Esattamente come il panettone, anche il pandoro è diventato
un protagonista dei dolci natalizi. Quanto alle sue origini, ci sono molte
notizie, spesso anche discordanti. Secondo alcune fonti, dovremmo farle
risalire al Sedicesimo secolo nella Repubblica di Venezia, nella quale vi era
una bizzarra usanza che prevedeva la decorazione con alcune foglie d’oro di
pietanze tipiche. Qui sarebbe nato un dolce conico chiamato “pan de oro”.
Molti pensano invece che sia l’evoluzione di un dolce
austriaco, il Pane di Vienna, per l’appunto.

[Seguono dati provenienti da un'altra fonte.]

// The log line of an answer: its numbers in upper-case hexadecimal digits, a space, the label of the code in a language, LF.
#![tactic(auto)]

ghost use Rattle.std.specs.Prelude.{◌≡◌, ◌+◌, ◌≤◌, cond, ◌++◌, length};
ghost use Rattle.machine.specs.Codes.{unknown_label_set};
ghost use Rattle.hex_digits.specs.Hex.{bytes, digits};
ghost use Rattle.output.specs.Wrote.{Wrote};
ghost use Rattle.logline.specs.Labels.{english, german, english_set, is_set, label_in, label_of};
ghost use Rattle.logline.specs.LogLine.{numbers, refusing, line_in};

use machine::Answer;

// The most bytes that a log line has.
pub const LINE_ROOM: usize = 41;

// The number of the English label set.
pub const ENGLISH: u32 = 0;

// How many label sets there are.
const SETS: u32 = 2;

// Whether a number is that of a label set.
#[tactic(auto, unfolding(crate::specs::Labels::label_sets, crate::specs::Labels::is_set))]
pub fn is_set(set: u32) -> bool
    ensures { result ≡ is_set set }
{
    set < SETS
}

// Writes some bytes, and answers the place past them.
fn put(out: &mut [u8], at: usize, src: &[u8]) -> usize
    requires { at + length src.now ≤ length out.old }
    ensures { Wrote out.old at src.now result out.new }
{
    let end = at + src.len();
    out[at..end].copy_from_slice(src);
    end
}

// Each label is copied in the arm of its code, where its length is known: one copy behind a match that gives the label takes 7 to 9 % more
// instructions a frame.

// Writes the English label of a code, none of a number that is no code, and answers the place past it.
#[tactic(auto, unfolding(crate::specs::Labels::english, crate::specs::Labels::label_in))]
fn put_english(out: &mut [u8], at: usize, code: u32) -> usize
    requires { at + 18 ≤ length out.old }
    ensures { Wrote out.old at (label_in english code) result out.new }
{
    match code {
        0 => put(out, at, b"done"),
        1 => put(out, at, b"state out of form"),
        2 => put(out, at, b"window out of form"),
        3 => put(out, at, b"unknown step"),
        4 => put(out, at, b"unknown offset"),
        5 => put(out, at, b"bad enables"),
        6 => put(out, at, b"part FIFO access"),
        7 => put(out, at, b"read-only register"),
        8 => put(out, at, b"FIFO full or empty"),
        9 => put(out, at, b"transfer off"),
        10 => put(out, at, b"count is zero"),
        11 => put(out, at, b"abort stands"),
        12 => put(out, at, b"FIFO not ready"),
        13 => put(out, at, b"no memory there"),
        14 => put(out, at, b"not a frame line"),
        15 => put(out, at, b"unknown label set"),
        16 => put(out, at, b"not a HEX record"),
        17 => put(out, at, b"wrong sum"),
        18 => put(out, at, b"outside the window"),
        19 => put(out, at, b"no end or not last"),
        24 => put(out, at, b"output too short"),
        _ => at,
    }
}

// Writes the German label of a code, none of a number that is no code, and answers the place past it.
#[tactic(auto, unfolding(crate::specs::Labels::german, crate::specs::Labels::label_in))]
fn put_german(out: &mut [u8], at: usize, code: u32) -> usize
    requires { at + 18 ≤ length out.old }
    ensures { Wrote out.old at (label_in german code) result out.new }
{
    match code {
        0 => put(out, at, b"erledigt"),
        1 => put(out, at, b"Zustand ungueltig"),
        2 => put(out, at, b"Fenster ungueltig"),
        3 => put(out, at, b"Schritt unbekannt"),
        4 => put(out, at, b"Offset unbekannt"),
        5 => put(out, at, b"Freigabe ungueltig"),
        6 => put(out, at, b"FIFO-Teilzugriff"),
        7 => put(out, at, b"nur lesbar"),
        8 => put(out, at, b"FIFO voll/leer"),
        9 => put(out, at, b"Transfer aus"),
        10 => put(out, at, b"Zaehler ist null"),
        11 => put(out, at, b"Abbruch steht an"),
        12 => put(out, at, b"FIFO nicht bereit"),
        13 => put(out, at, b"kein Speicher dort"),
        14 => put(out, at, b"keine Rahmenzeile"),
        15 => put(out, at, b"Textsatz unbekannt"),
        16 => put(out, at, b"kein HEX-Satz"),
        17 => put(out, at, b"Summe falsch"),
        18 => put(out, at, b"nicht im Fenster"),
        19 => put(out, at, b"Ende fehlt/frueh"),
        24 => put(out, at, b"Ausgabe zu kurz"),
        _ => at,
    }
}

// Writes the label that a set has for a code, none of a number that is no set, and answers the place past it.
#[tactic(auto, using(crate::proofs::Labels::no_set), unfolding(crate::specs::Labels::label_sets, crate::specs::Labels::label_of))]
fn put_label(out: &mut [u8], at: usize, code: u32, set: u32) -> usize
    requires { at + 18 ≤ length out.old }
    ensures { Wrote out.old at (label_of set code) result out.new }
{
    match set {
        0 => put_english(out, at, code),
        1 => put_german(out, at, code),
        _ => at,
    }
}

// The two digits of a code.
#[tactic(auto, unfolding(hex_digits::specs::Hex::hex_digits, hex_digits::specs::Hex::digit_of, hex_digits::specs::Hex::digits))]
fn code_digits(code: u32) -> [u8; 2]
    ensures { result ≡ digits 2 code }
{
    if code == 0 {
        return *b"00";
    }
    [eight::digit(code / 16), eight::digit(code)]
}

// The digits of the enables and of both lines, and a space.
#[tactic(auto, using(crate::proofs::Digits::line_digit), unfolding(hex_digits::specs::Hex::digits))]
fn last_digits(a: Answer) -> [u8; 4]
    ensures { result ≡ digits 1 a.enables ++ digits 1 (cond a.line 1 0) ++ digits 1 (cond a.addon_line 1 0) ++ bytes " " }
{
    [
        eight::digit(a.enables),
        b'0' + u8::from(a.line),
        b'0' + u8::from(a.addon_line),
        b' ',
    ]
}

// The eight digits of a number that mostly is zero. (The branch also keeps the compiler from joining two numbers in vectors, whose
// constants would take more read-only room than a table of digits.)
#[tactic(auto, unfolding(hex_digits::specs::Hex::hex_digits, hex_digits::specs::Hex::digit_of, hex_digits::specs::Hex::digits))]
fn mostly_zeros(x: u32) -> [u8; 8]
    ensures { result ≡ digits 8 x }
{
    if x == 0 {
        return *b"00000000";
    }
    eight::digits(x)
}

// Writes the 21 digits of an answer and a space, and answers the place past them.
fn put_numbers(out: &mut [u8], at: usize, a: Answer) -> usize
    requires { at + 22 ≤ length out.old }
    ensures { (result ≡ at + 22) × Wrote out.old at (numbers a ++ bytes " ") result out.new }
{
    let code = code_digits(a.code);
    let address = mostly_zeros(a.address);
    let value = eight::digits(a.value);
    let last = last_digits(a);
    let p1 = put(out, at, &code);
    let p2 = put(out, p1, &address);
    let p3 = put(out, p2, &value);
    put(out, p3, &last)
}

// Writes the log line of an answer at a place, with the label of a set, and answers the place past it. Where there is no room
// for 41 bytes it writes nothing, and answers the place itself. A number that is no set has no labels.
pub fn put_line(out: &mut [u8], at: usize, a: Answer, set: u32) -> usize
    ensures { Wrote out.old at (line_in set out.old at a) result out.new }
{
    let n = out.len();
    if n < LINE_ROOM || n - LINE_ROOM < at {
        return at;
    }
    let p = put_numbers(out, at, a);
    let end = put_label(out, p, a.code, set);
    out[end] = b'\n';
    end + 1
}

// Writes the line that refuses an unknown label set, with its English label, at the output's start, and answers the place past
// it. Where there is no room for 41 bytes it writes nothing. (Its bytes stand here, since a second call of `put_line` beside the one in
// the loop over a piece would take that out of the loop, and make it slower.)
pub fn put_unknown_set(out: &mut [u8]) -> usize
    ensures { Wrote out.old 0 (line_in english_set out.old 0 (refusing unknown_label_set)) result out.new }
{
    if out.len() < LINE_ROOM {
        return 0;
    }
    put(out, 0, b"0F0000000000000000000 unknown label set\n")
}

// Writes the line of any refusal that answers no step and no line, with the label of a set, at the output's start, and answers the place
// past it. Where there is no room for 41 bytes it writes nothing.
pub fn put_refusal(out: &mut [u8], code: u32, set: u32) -> usize
    ensures { Wrote out.old 0 (line_in set out.old 0 (refusing code)) result out.new }
{
    let a = Answer {
        code,
        ..Answer::default()
    };
    put_line(out, 0, a, set)
}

La data storica che segna la nascita vera propria del pandoro
è il 14 ottobre 1884, giorno in cui il pasticcere veronese Domenico Melegatti
depositò il primo brevetto per un pane dolce lievitato, a forma di stella a
otto punte, ispirato a sua volta da un altro dolce, il Levà. Quest’ultimo
sarebbe un pane condito con canditi e dalla copertura di mandorle e zucchero.
Il primo pandoro si rivelò subito un successo, che spinse
Melegatti a far creare un forno e stampi appositi.
Ed è da questa storia di dedizione e pazienza che è nato uno
die dolci di natale più celebri.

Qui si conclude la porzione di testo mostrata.